Due to the lack of import payments and persistent healthy dollar inflows, the rupee is expected to continue its upward trend over the next week. Traders said the rupee is on track to report more gains compared to the dollar, as the greenback supply outperforms demand by an enormous margin.
The strong position of foreign exchange reserves, some steps taken by the central bank, the selling by exporters of forward dollars and the rise in remittances due to Roshan Digital Accounts continue to help local currencies. It is also likely that the dropping trend in oil prices in the coming days will be optimistic for the local currency.
In the near-term, most traders see 158.10 as the main support for the pair. Some traders predict, that the local unit will benefit more, trading at the level of 157 by the end of the month.
However, this year’s expected outflows of about $2 billion and the fear of a rise in coronavirus infections pose a danger to the economic recovery as well as to the outlook of the rupee.
In the interbank foreign exchange market, the rupee continued its winning streak against the dollar, closing the week at 159.09.
During the outgoing week, the currency rose 0.6 percent, or Re1.02, against the greenback. Since September 29, the rupee has consistently earned by about 20 paisas on a regular basis.
The rupee is currently undervalued in accordance with the suggested methodology of the Real Effective Exchange Rate (REER) of the International Monetary Fund. This was noted in August at 91. There are a variety of factors that have contributed to the rupee’s appreciation in recent days, analysts said.
Amid the increase in the country’s forex reserves, the State Bank of Pakistan (SBP) is not selling dollars to finance the domestic currency.
The swap book of the SBP has strengthened, earning around $900 million in forward legs month on month.
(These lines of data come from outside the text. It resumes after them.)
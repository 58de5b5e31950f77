//! Five things that are asked often, as the pages show them beside Python's.
use crate::telling::{equal, same};
use pybuf::{ByteStr, FormatSpec, PyByteArray, PyMemoryView};
use std::test::Fail;

#[test]
fn five_things(rt: HostRuntime) -> Result<(), Fail> {
    let alloc = rt.alloc();
    let place = ByteStr::new(b"key=value").find(b"=", None, None);
    equal(&rt, place, Some(3));
    let record = b"\xfe\xff\x02\x01\x00\x00";
    let format = FormatSpec::from_str(alloc, "<hI")?;
    let [delta, count] = format.unpack_values(alloc, record)?.numbers::<2>()?;
    equal(&rt, (delta, count), (-2, 258));
    let mut array = PyByteArray::from_slice(alloc, b"abcde")?;
    array.push(102)?;
    let view = PyMemoryView::of_all(array.state_mut())?;
    let part = view.slice(array.state_mut(), 1..4)?;
    let bytes = part.to_vec(array.state())?;
    same(&rt, bytes.as_slice(), b"bcd");
    let mut other = PyByteArray::from_slice(alloc, b"XYZ")?;
    let source = PyMemoryView::of_all(other.state_mut())?;
    view.assign_from(array.state_mut(), 2..5, other.state(), &source)?;
    same(&rt, array.as_slice(), b"abXYZf");
    Ok(())
}
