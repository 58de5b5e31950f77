//! `Records`: the records of a file.
use crate::telling::{equal, same};
use pybuf::{Answer, CompareOp, NoHandles, Scalar};
use pybuf_table::Records;
use std::alloc::Global;
use std::test::Fail;

#[test]
fn records_are_gone_over(rt: HostRuntime) -> Result<(), Fail> {
    let alloc = rt.alloc();
    let records = Records::from_str(alloc, "<4sH")?;
    let mut rows = records.iter_unpack(b"ada\0\x05\0bob\0\x07\0")?;
    let Some(first) = rows.next_row(alloc)? else {
        return Err(Fail::from("no record"));
    };
    assert!(rt; matches!(first.get(1), Some(Scalar::Int(5))));
    Ok(())
}

#[test]
fn a_record_is_found_by_its_name(rt: HostRuntime) -> Result<(), Fail> {
    let alloc = rt.alloc();
    let records = Records::from_str(alloc, "<4sH")?;
    let (bytes, name) = (b"ada\0\x05\0bob\0\x07\0", Scalar::bytes(alloc, b"bob\0")?);
    let chosen = records.select(alloc, bytes, 0, CompareOp::Eq, &name);
    equal(&rt, chosen.done()?.get(0).map(|row| row.0), Some(1));
    Ok(())
}

/// Puts the first record in the place of the last, which is six bytes long.
fn put_first_last(alloc: Global, records: &Records, bytes: &mut [u8]) -> Result<(), Fail> {
    let first = records.unpack_from(alloc, bytes, 0).done()?;
    records.pack_into(bytes, -6, &first, &NoHandles)?;
    Ok(())
}

#[test]
fn a_record_is_written(rt: HostRuntime) -> Result<(), Fail> {
    let alloc = rt.alloc();
    let records = Records::from_str(alloc, "<4sH")?;
    let mut bytes = *b"ada\0\x05\0bob\0\x07\0";
    put_first_last(alloc, &records, &mut bytes)?;
    same(&rt, &bytes, b"ada\0\x05\0ada\0\x05\0");
    Ok(())
}
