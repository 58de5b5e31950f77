//! The methods of strings of bytes, by the type that has them and by their names.
use crate::telling::{Told, equal, gives, same, tells};
use crate::values::{bytes, none};
use pybuf::{
    Answer, ByteStr, Fault, Made, MethodCall, MethodName, PyBytes, PyBytesInner, ValueList,
};
use std::alloc::Global;
use std::test::Fail;

fn string(alloc: Global, bytes: &[u8]) -> Made<PyBytesInner> {
    Ok(PyBytesInner::from(Vec::from_slice(alloc, bytes)?))
}

#[test]
fn strings_have_methods(rt: HostRuntime) -> Result<(), Fail> {
    let alloc = rt.alloc();
    let name = string(alloc, b" key=value ")?;
    same(&rt, name.strip(alloc, None)?.as_slice(), b"key=value");
    same(&rt, name.upper(alloc)?.as_slice(), b" KEY=VALUE ");
    let (sign, colon) = (string(alloc, b"=")?, string(alloc, b": ")?);
    let replaced = name.replace(alloc, &sign, &colon, None).done()?;
    same(&rt, replaced.as_slice(), b" key: value ");
    let digits = sign.hex(alloc, None, None).done()?;
    same(&rt, digits.as_slice(), b"3d");
    Ok(())
}

#[test]
fn lent_bytes_are_searched_and_split(rt: HostRuntime) -> Result<(), Fail> {
    let alloc = rt.alloc();
    let line = ByteStr::new(b"key=a,b");
    equal(&rt, line.find(b"=", None, None), Some(3));
    equal(&rt, line.rfind(b"=", Some(4), None), None);
    equal(&rt, line.index(b";", None, None), Err(Fault::Value));
    equal(&rt, line.count(b",", Some(-3), None), 1);
    equal(&rt, line.startswith(b"key", None, None), true);
    let parts = line.split(alloc, Some(b","), Some(1))?;
    if let Some(last) = parts.get(1) {
        same(&rt, last.as_slice(), b"b");
    }
    let replaced = line.replace(alloc, b",", b", ", None)?;
    same(&rt, replaced.as_slice(), b"key=a, b");
    let text = ByteStr::new(b"\xc3\xa9").decode(alloc, None, None)?;
    equal(&rt, text.as_str(), "é");
    Ok(())
}

/// A call of a method with one argument.
fn call(alloc: Global, name: MethodName, argument: &[u8]) -> Made<MethodCall> {
    let mut args = ValueList::new(alloc);
    args.push(bytes(alloc, argument)?)?;
    Ok(MethodCall { name, args })
}

#[test]
fn methods_are_called_by_name(rt: HostRuntime) -> Result<(), Fail> {
    let alloc = rt.alloc();
    let mut object = PyBytes::new_ref(alloc, Vec::from_slice(alloc, b"a,b,c")?);
    let find = call(alloc, MethodName::RFind, b",")?;
    tells(&rt, object.call(find, none(alloc)), Told::Number(3));
    let without = call(alloc, MethodName::RemovePrefix, b"a,")?;
    gives(&rt, object.call(without, none(alloc)), b"b,c");
    Ok(())
}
Banks’ foreign currency borrowing remains uninterrupted, which is clear from the fact that their net open positions have not worsened.
Turnaround times for major import payments have decreased, enabling the central bank to hedge 50% of credit-based payment letters.
Pakistan’s foreign exchange reserves rose to $19.353 billion during the week ended October 29 from $19.296 billion a week ago. The foreign exchange reserves held by the State Bank of Pakistan increased $61 million to $12.182 billion.
The increase in the foreign exchange inflows from the international financial institutions and rollover of Pakistan’s $4 billion deposit loan obtained from Saudi Arabia and the United Arab Emirates for another year to avoid forex decline helped lift sentiment in the market.
The rise in foreign exchange inflows from international financial institutions and the rollover of a $4 billion deposit loan from Pakistan obtained for another year from Saudi Arabia and the United Arab Emirates to prevent a fall in the forex helped improve market sentiment.